Problem requirements
In the entries below, find each line with the word "Open" and pull it out.

Entries provided
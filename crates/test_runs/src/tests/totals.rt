// Worked examples of the totals of visits, whole and in pieces.
ghost use Rattle.std.specs.Prelude.{◌≡◌, ◌≤◌, ◌^◌, ℕ, All, List as Items, Some, length, map, slice_get, IfOk, IsTrue};
ghost use Rattle.std.specs.List.{AllByRecursion};
ghost use Rattle.mq_core.specs.Asked.{HasDemands};
ghost use Rattle.mq_core.specs.Laws.{Rises};
ghost use Rattle.mq_core.specs.OnceOut.{founds_of};
ghost use Rattle.mq_core.specs.Told.{HasValue, IsTold};
ghost use Rattle.mq_core.specs.declared.model.Demand.TheVariants.{Column};
ghost use Rattle.mq_core.specs.declared.model.Fate.TheVariants.{Departs};
ghost use Rattle.mq_core.specs.declared.model.Kind.{Kind as TheKind};
ghost use Rattle.mq_core.specs.declared.model.Rows.{Rows as TheRows};
ghost use Rattle.mq_stats.specs.InTurn.{KeepTurn, visits_in_turn};
ghost use Rattle.mq_stats.specs.Numbers.{AreVisits};

use super::stats::{
    Case, Columns, HELD, LOST, NO_VISITS, SERVED, case_of, list, three_case, visits_with,
};
use mq_base::{List, OutOfMemory};
use mq_core::{Demand, Fates, Kind, Rows, Stream, Visits};
use mq_stats::{NodeTotals, blocks_added, count_block, count_in_turn, totals};
use std::alloc::Global;
use std::test::Fail;

fn are_told(rows: &Rows, jobs: &List<u32>) -> bool
    ensures { IsTrue result → All (λ job. HasValue rows.now 0 job) jobs.now }
{
    if rows.demands.is_empty() {
        return false;
    }
    let count = rows.demands.get(0).len();
    jobs.as_slice().iter().all(|job| (*job as usize) < count)
}

// Returns whether the first column has values of at most 2^36.
fn is_column_small(rows: &Rows) -> bool
    ensures { IsTrue result → (values : Items ℕ) → slice_get rows.now.demands 0 ≡ Some values → All (λ value. value ≤ 2 ^ 36) values }
{
    if rows.demands.is_empty() {
        return false;
    }
    let values = rows.demands.get(0);
    values
        .as_slice()
        .iter()
        .all(|value| *value <= 68_719_476_736)
}

fn are_small(founds: &List<u32>) -> bool
    ensures { IsTrue result → All (λ found. found ≤ 1048576) founds.now }
{
    founds.as_slice().iter().all(|found| *found <= 1_048_576)
}

fn are_even(visits: &Visits) -> bool
    ensures few { IsTrue result → length visits.now.job ≤ 1048576 }
    ensures arrives { IsTrue result → length visits.now.arrive ≡ length visits.now.job }
    ensures founds { IsTrue result → length visits.now.found ≡ length visits.now.job }
    ensures fates { IsTrue result → length visits.now.fate ≡ length visits.now.job }
{
    let count = visits.job.len();
    count <= 1_048_576
        && visits.arrive.len() == count
        && visits.found.len() == count
        && visits.fate.len() == count
}

// Returns whether these are visits to a node of any kind that asks for the first column or nothing.
pub fn are_visits(rows: &Rows, visits: &Visits) -> bool
    ensures { IsTrue result → (kind : TheKind) → ((job : ℕ) → IsTold rows.now (Column 0) job → HasDemands rows.now kind job) → AreVisits rows.now kind visits.now }
{
    if !are_even(visits) || !are_told(rows, &visits.job) || !are_small(&visits.found) {
        return false;
    }
    is_column_small(rows)
}

// Returns whether a node of such a kind has these totals in a run up to 10, computed visit by visit and as one block, and whether
// the counts of the visits before a position, added to those from that position on, give them too. No wait is longer than 10 ticks.
fn totals_are(
    alloc: Global,
    rows: &Rows,
    kind: &Kind,
    visits: &Visits,
    wanted: &NodeTotals,
    at: u32,
) -> Result<bool, OutOfMemory>
    requires { (job : ℕ) → IsTold rows.now (Column 0) job → HasDemands rows.now kind.now job }
{
    if !are_visits(rows, visits) {
        return Ok(false);
    }
    let count = visits.job.len() as u32;
    if at > count {
        return Ok(false);
    }
    let before = count_block(alloc, rows, kind, visits, 10, 10, 0, at)?;
    let after = count_block(alloc, rows, kind, visits, 10, 10, at, count)?;
    let both = blocks_added(alloc, before, &after)?;
    let whole = count_block(alloc, rows, kind, visits, 10, 10, 0, count)?;
    let plain = totals(rows, kind, visits, 10);
    Ok(
        plain == *wanted
            && whole.totals == *wanted
            && both.totals == *wanted
            && whole.waits.is_some()
            && both.waits.is_some(),
    )
}

// Returns whether a server has these totals.
fn is_so(alloc: Global, case: Case, wanted: &NodeTotals, at: u32) -> Result<bool, OutOfMemory> {
    let kind = Kind::Server(Demand::Column(0));
    let found = totals_are(alloc, &case.rows, &kind, &case.visits, wanted, at);
    drop(kind);
    drop(case);
    found
}

// Returns whether a server has these totals with these visits of the three jobs.
fn server_has(
    alloc: Global,
    columns: &Columns,
    wanted: &NodeTotals,
    at: u32,
) -> Result<bool, OutOfMemory> {
    is_so(alloc, three_case(alloc, columns)?, wanted, at)
}

const SERVED_TOTALS: NodeTotals = NodeTotals {
    came: 3,
    left: 3,
    lost: 0,
    held: 0,
    wait: 6,
    longest: 3,
    busy: 8,
    area: 14,
    peak: 3,
};

const LOST_TOTALS: NodeTotals = NodeTotals {
    came: 3,
    left: 2,
    lost: 1,
    held: 0,
    wait: 2,
    longest: 2,
    busy: 7,
    area: 9,
    peak: 2,
};

const HELD_TOTALS: NodeTotals = NodeTotals {
    came: 3,
    left: 2,
    lost: 0,
    held: 1,
    wait: 2,
    longest: 2,
    busy: 8,
    area: 18,
    peak: 3,
};

const NO_TOTALS: NodeTotals = NodeTotals {
    came: 0,
    left: 0,
    lost: 0,
    held: 0,
    wait: 0,
    longest: 0,
    busy: 0,
    area: 0,
    peak: 0,
};

fn servers_have_totals(alloc: Global) -> Result<bool, OutOfMemory> {
    Ok(
        server_has(alloc, &SERVED, &SERVED_TOTALS, 0)?
            && server_has(alloc, &SERVED, &SERVED_TOTALS, 1)?
            && server_has(alloc, &LOST, &LOST_TOTALS, 2)?
            && server_has(alloc, &HELD, &HELD_TOTALS, 2)?
            && server_has(alloc, &NO_VISITS, &NO_TOTALS, 0)?,
    )
}

#[test]
fn totals_are_those_of_pieces_added_up(rt: HostRuntime) -> Result<(), Fail> {
    assert!(rt; servers_have_totals(rt.alloc())?);
    Ok(())
}

// Returns whether a server has these totals, also in pieces, with fates given as the departures of the jobs that it serves.
fn departures_have(alloc: Global, wanted: &NodeTotals, at: u32) -> Result<bool, OutOfMemory> {
    let fate = Fates::departures(list(alloc, &[4u64, 5, 8])?);
    let visits = visits_with(alloc, &SERVED, fate)?;
    is_so(alloc, case_of(alloc, visits)?, wanted, at)
}

#[test]
fn departures_are_fates(rt: HostRuntime) -> Result<(), Fail> {
    assert!(rt; departures_have(rt.alloc(), &SERVED_TOTALS, 2)?);
    Ok(())
}

// What comes to a node, and when each job departs.
#[derive(Drop)]
struct Turn {
    rows: Rows,
    arrivals: Stream,
    departs: List<u64>,
}

// Returns a job for each of these arrival times. No row gives demands.
fn turn_of(alloc: Global, arrive: &[u64], departs: &[u64]) -> Result<Turn, OutOfMemory>
    ensures jobs { IfOk result (λ turn. length turn.arrivals.job ≡ length arrive.now) }
    ensures times { IfOk result (λ turn. turn.arrivals.time ≡ arrive.now) }
    ensures departs { IfOk result (λ turn. turn.departs ≡ departs.now) }
{
    let arrivals = Stream {
        job: List::from_vec(vec![in alloc; 0u32; arrive.len()]?),
        time: list(alloc, arrive)?,
    };
    Ok(Turn {
        departs: list(alloc, departs)?,
        arrivals,
        rows: Rows {
            source: List::new(alloc),
            time: List::new(alloc),
            demands: List::new(alloc),
        },
    })
}

// Returns whether they have these totals from one position up to another, with no wait longer than 10 ticks.
fn counted_so(
    alloc: Global,
    kind: &Kind,
    turn: &Turn,
    from: u32,
    to: u32,
    wanted: &NodeTotals,
) -> Result<bool, OutOfMemory>
    requires visits { AreVisits turn.now.rows kind.now (visits_in_turn turn.now.arrivals turn.now.departs) }
    requires turn { KeepTurn turn.now.arrivals turn.now.departs }
{
    if from > to || to as usize > turn.arrivals.job.len() {
        return Ok(false);
    }
    let (arrivals, departs) = (&turn.arrivals, &turn.departs);
    let count = count_in_turn(alloc, &turn.rows, kind, arrivals, departs, 10, from, to)?;
    Ok(count.totals == *wanted && count.waits.is_some())
}

// Returns the same for visits at these times, which depart in turn, to a node that takes nothing from the rows.
fn turn_has(
    alloc: Global,
    kind: &Kind,
    arrive: &[u64],
    departs: &[u64],
    from: u32,
    to: u32,
    wanted: &NodeTotals,
) -> Result<bool, OutOfMemory>
    requires asks { (rows : TheRows) (job : ℕ) → HasDemands rows kind.now job }
    requires even { length departs.now ≡ length arrive.now }
    requires few { length arrive.now ≤ 1048576 }
    requires come { Rises (λ a b. a ≤ b) arrive.now }
    requires leave { Rises (λ a b. a ≤ b) departs.now }
    requires founds { length (founds_of arrive.now (map (λ time. Departs time) departs.now)) ≡ length arrive.now }
    requires small { AllByRecursion (λ found. found ≤ 1048576) (founds_of arrive.now (map (λ time. Departs time) departs.now)) }
{
    let turn = turn_of(alloc, arrive, departs)?;
    let found = counted_so(alloc, kind, &turn, from, to, wanted);
    drop(turn);
    found
}

// Returns whether six jobs at a server, 2 ticks each, have these totals from one position up to another. Two come at 0 and two at 6,
// and the last three come as another departs.
fn ties_have(alloc: Global, from: u32, to: u32, wanted: &NodeTotals) -> Result<bool, OutOfMemory> {
    let kind = Kind::Server(Demand::Fixed(2));
    let arrive = [0, 0, 1, 4, 6, 6];
    let departs = [2, 4, 6, 8, 10, 12];
    let found = turn_has(alloc, &kind, &arrive, &departs, from, to, wanted);
    drop(kind);
    found
}

// Returns whether three jobs that depart at their arrival times, two of them at one time, have these totals.
fn none_stay(alloc: Global, kind: &Kind, wanted: &NodeTotals) -> Result<bool, OutOfMemory>
    requires { (rows : TheRows) (job : ℕ) → HasDemands rows kind.now job }
{
    turn_has(alloc, kind, &[0, 0, 3], &[0, 0, 3], 0, 3, wanted)
}

const TIED_TOTALS: NodeTotals = NodeTotals {
    came: 6,
    left: 6,
    lost: 0,
    held: 0,
    wait: 13,
    longest: 4,
    busy: 12,
    area: 25,
    peak: 3,
};

// The totals of the fourth and the fifth job.
const MIDDLE_TOTALS: NodeTotals = NodeTotals {
    came: 2,
    left: 2,
    lost: 0,
    held: 0,
    wait: 4,
    longest: 2,
    busy: 4,
    area: 8,
    peak: 2,
};

const ONCE_TOTALS: NodeTotals = NodeTotals {
    came: 3,
    left: 3,
    lost: 0,
    held: 0,
    wait: 0,
    longest: 0,
    busy: 0,
    area: 0,
    peak: 1,
};

// The totals if no job stays.
const SENT_TOTALS: NodeTotals = NodeTotals {
    peak: 0,
    ..ONCE_TOTALS
};

fn turns_have_totals(alloc: Global) -> Result<bool, OutOfMemory> {
    let server = Kind::Server(Demand::Fixed(0));
    let at_once = none_stay(alloc, &server, &ONCE_TOTALS);
    drop(server);
    Ok(
        at_once?
            && none_stay(alloc, &Kind::Source, &SENT_TOTALS)?
            && ties_have(alloc, 0, 6, &TIED_TOTALS)?
            && ties_have(alloc, 3, 5, &MIDDLE_TOTALS)?
            && ties_have(alloc, 3, 3, &NO_TOTALS)?,
    )
}

#[test]
fn visits_in_turn_have_their_totals(rt: HostRuntime) -> Result<(), Fail> {
    assert!(rt; turns_have_totals(rt.alloc())?);
    Ok(())
}
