// The single pass compared with the recurrence, and with gates that count and hold.
ghost use Rattle.std.specs.Prelude.{◌≡◌, ◌*◌, ◌≤◌, length, IfOk};
ghost use Rattle.mq_core.specs.Sequences.{IsSoundLoad};

use super::meeting::Meeting;
use mq_base::{List, OutOfMemory};
use mq_chain::ChainSeat;
use mq_claims::ClaimSeat;
use mq_core::Stream;
use mq_crew::{Gate, Open};
use mq_pass::chain_departures;
use mq_server::departures;
use std::alloc::Global;
use std::sync::atomic::AtomicU64;
use std::sync::atomic::Ordering::SeqCst;
use std::test::Fail;
use std::thread::Threads;

fn stream_of(alloc: Global, times: &[u64]) -> Result<Stream, OutOfMemory>
    ensures { IfOk result (λ s. s.time ≡ times.now) }
{
    Ok(Stream {
        job: List::new(alloc),
        time: List::from_vec(Vec::from_slice(alloc, times)?),
    })
}

fn list_of(alloc: Global, items: &[u64]) -> Result<List<u64>, OutOfMemory>
    ensures { IfOk result (λ l. l ≡ items.now) }
{
    Ok(List::from_vec(Vec::from_slice(alloc, items)?))
}

// Returns whether the jobs of a stream, with these demands, depart at these times.
fn pass_gives<R: Threads + Sync, G: Gate>(
    rt: &R,
    alloc: Global,
    workers: u32,
    block: u32,
    stream: &Stream,
    demands: &List<u64>,
    wanted: &[u64],
    gate: &G,
) -> Result<bool, OutOfMemory>
    requires load { IsSoundLoad stream.now.time demands.now }
    requires some_workers { 1 ≤ workers }
    requires most_workers { workers ≤ 64 }
    requires some { 1 ≤ block }
    requires few { length stream.now.time ≤ 16384 * block }
{
    let departs = chain_departures(rt, alloc, workers, block, stream, demands, gate)?;
    Ok(departs.as_slice() == wanted)
}

// Returns whether jobs that come at these times, with these demands, depart at these times.
fn departs_are<R: Threads + Sync, G: Gate>(
    rt: &R,
    alloc: Global,
    workers: u32,
    block: u32,
    times: &[u64],
    demands: &[u64],
    wanted: &[u64],
    gate: &G,
) -> Result<bool, OutOfMemory>
    requires load { IsSoundLoad times.now demands.now }
    requires some_workers { 1 ≤ workers }
    requires most_workers { workers ≤ 64 }
    requires some { 1 ≤ block }
    requires few { length times.now ≤ 16384 * block }
{
    let stream = stream_of(alloc, times)?;
    let demands = list_of(alloc, demands)?;
    let right = pass_gives(rt, alloc, workers, block, &stream, &demands, wanted, gate);
    drop(stream);
    drop(demands);
    right
}

#[test]
fn every_cut_and_crew_gives_the_recurrence(rt: HostRuntime) -> Result<(), Fail> {
    let times: &[u64] = &[0, 1, 2, 20, 20, 21, 40];
    let demands: &[u64] = &[4, 1, 3, 2, 9, 1, 5];
    let wanted: &[u64] = &[4, 5, 8, 22, 31, 32, 45];
    for workers in [1u32, 2, 3, 64] {
        for block in [1u32, 2, 3, 6, 7, 8] {
            assert!(rt;
                departs_are(
                    &rt,
                    rt.alloc(),
                    workers,
                    block,
                    times,
                    demands,
                    wanted,
                    &Open
                )?
            );
        }
    }
    Ok(())
}

// Returns jobs that come every 8 ticks, with demands of at most 16.
fn many(alloc: Global, jobs: u32) -> Result<(Stream, List<u64>), OutOfMemory>
    requires { jobs ≤ 1048576 }
    ensures sound { IfOk result (λ r. IsSoundLoad r.0.time r.1) }
    ensures len { IfOk result (λ r. length r.0.time ≡ jobs) }
{
    let mut time = Vec::new(alloc);
    let mut demands = Vec::new(alloc);
    'fills: for at in 0..jobs {
        time.push(at as u64 * 8)?;
        demands.push(at as u64 * 2_654_435 % 17)?;
    }
    let stream = Stream {
        job: List::new(alloc),
        time: List::from_vec(time),
    };
    Ok((stream, List::from_vec(demands)))
}

// Returns whether the jobs of a stream depart as the recurrence says.
fn pass_is_plain<R: Threads + Sync>(
    rt: &R,
    alloc: Global,
    workers: u32,
    block: u32,
    stream: &Stream,
    demands: &List<u64>,
) -> Result<bool, OutOfMemory>
    requires load { IsSoundLoad stream.now.time demands.now }
    requires some_workers { 1 ≤ workers }
    requires most_workers { workers ≤ 64 }
    requires some { 1 ≤ block }
    requires few { length stream.now.time ≤ 16384 * block }
{
    let plain = departures(alloc, stream, demands)?;
    let wanted = plain.as_slice();
    let right = pass_gives(rt, alloc, workers, block, stream, demands, wanted, &Open);
    drop(plain);
    right
}

// Returns whether 3,000 jobs depart as the recurrence says.
fn many_depart<R: Threads + Sync>(
    rt: &R,
    alloc: Global,
    workers: u32,
    block: u32,
) -> Result<bool, OutOfMemory>
    requires some_workers { 1 ≤ workers }
    requires most_workers { workers ≤ 64 }
    requires some { 1 ≤ block }
{
    let (stream, demands) = many(alloc, 3000)?;
    let right = pass_is_plain(rt, alloc, workers, block, &stream, &demands);
    drop(stream);
    drop(demands);
    right
}

#[test]
fn many_blocks_give_the_recurrence(rt: HostRuntime) -> Result<(), Fail> {
    for workers in [1u32, 2, 4] {
        for block in [1u32, 7, 64] {
            assert!(rt; many_depart(&rt, rt.alloc(), workers, block)?);
        }
    }
    Ok(())
}

// Counts the blocks of the pass, and the pieces made for blocks that it left.
#[derive(Drop)]
struct Counter {
    blocks: AtomicU64,
    pieces: AtomicU64,
}

impl Gate for Counter {
    fn enter(&self, _seat: &ClaimSeat, _worker: u32, _piece: u32) {
        self.pieces.fetch_add(1, SeqCst);
    }

    fn enter_block(&self, _seat: &ChainSeat, _worker: u32, _block: u32) {
        self.blocks.fetch_add(1, SeqCst);
    }
}

// Returns whether the jobs depart at these times, the gate is entered for this many blocks, and
// no block was left.
fn none_is_left<R: Threads + Sync>(
    rt: &R,
    alloc: Global,
    workers: u32,
    block: u32,
    times: &[u64],
    demands: &[u64],
    wanted: &[u64],
    blocks: u64,
) -> Result<bool, OutOfMemory>
    requires load { IsSoundLoad times.now demands.now }
    requires some_workers { 1 ≤ workers }
    requires most_workers { workers ≤ 64 }
    requires some { 1 ≤ block }
    requires few { length times.now ≤ 16384 * block }
{
    let gate = Counter {
        blocks: AtomicU64::new(0),
        pieces: AtomicU64::new(0),
    };
    let right = departs_are(rt, alloc, workers, block, times, demands, wanted, &gate)?;
    Ok(right && gate.blocks.load(SeqCst) == blocks && gate.pieces.load(SeqCst) == 0)
}

// A single worker finds the carry in front of each block.
#[test]
fn one_worker_leaves_no_block(rt: HostRuntime) -> Result<(), Fail> {
    let times: &[u64] = &[0, 1, 2];
    let demands: &[u64] = &[4, 1, 3];
    let wanted: &[u64] = &[4, 5, 8];
    assert!(rt; none_is_left(&rt, rt.alloc(), 1, 1, times, demands, wanted, 3)?);
    assert!(rt; none_is_left(&rt, rt.alloc(), 1, 2, times, demands, wanted, 2)?);
    Ok(())
}

#[test]
fn fewer_than_two_blocks_enter_no_gate(rt: HostRuntime) -> Result<(), Fail> {
    let times: &[u64] = &[0, 1, 2];
    let demands: &[u64] = &[4, 1, 3];
    let wanted: &[u64] = &[4, 5, 8];
    let none: &[u64] = &[];
    assert!(rt; none_is_left(&rt, rt.alloc(), 2, 3, times, demands, wanted, 0)?);
    assert!(rt; none_is_left(&rt, rt.alloc(), 2, 1, none, none, none, 0)?);
    Ok(())
}

// Holds the workers with the first five blocks.
#[derive(Drop)]
struct AtBlocks {
    meeting: Meeting,
}

impl Gate for AtBlocks {
    fn enter(&self, _seat: &ClaimSeat, _worker: u32, _piece: u32) {}

    fn enter_block(&self, _seat: &ChainSeat, worker: u32, block: u32) {
        self.meeting.enter(worker, block);
    }
}

// Returns whether five of these workers pass over five blocks, and meet.
fn five_pass<R: Threads + Sync>(rt: &R, alloc: Global, workers: u32) -> Result<bool, OutOfMemory>
    requires some { 1 ≤ workers }
    requires most { workers ≤ 64 }
{
    let gate = AtBlocks {
        meeting: Meeting::of_nobody(),
    };
    let right = departs_are(
        rt,
        alloc,
        workers,
        1,
        [0, 1, 2, 3, 4].as_slice(),
        [4, 1, 3, 1, 2].as_slice(),
        [4, 5, 8, 9, 11].as_slice(),
        &gate,
    )?;
    Ok(right && gate.meeting.is_whole())
}

#[test]
fn five_workers_enter_with_blocks_each_by_its_number(rt: HostRuntime) -> Result<(), Fail> {
    assert!(rt; five_pass(&rt, rt.alloc(), 5)?);
    Ok(())
}

#[test]
fn no_more_workers_start_than_there_are_blocks(rt: HostRuntime) -> Result<(), Fail> {
    assert!(rt; five_pass(&rt, rt.alloc(), 64)?);
    Ok(())
}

Response
use mq_crew::{Gate, Open};
                    &Open
    let right = pass_gives(rt, alloc, workers, block, stream, demands, wanted, &Open);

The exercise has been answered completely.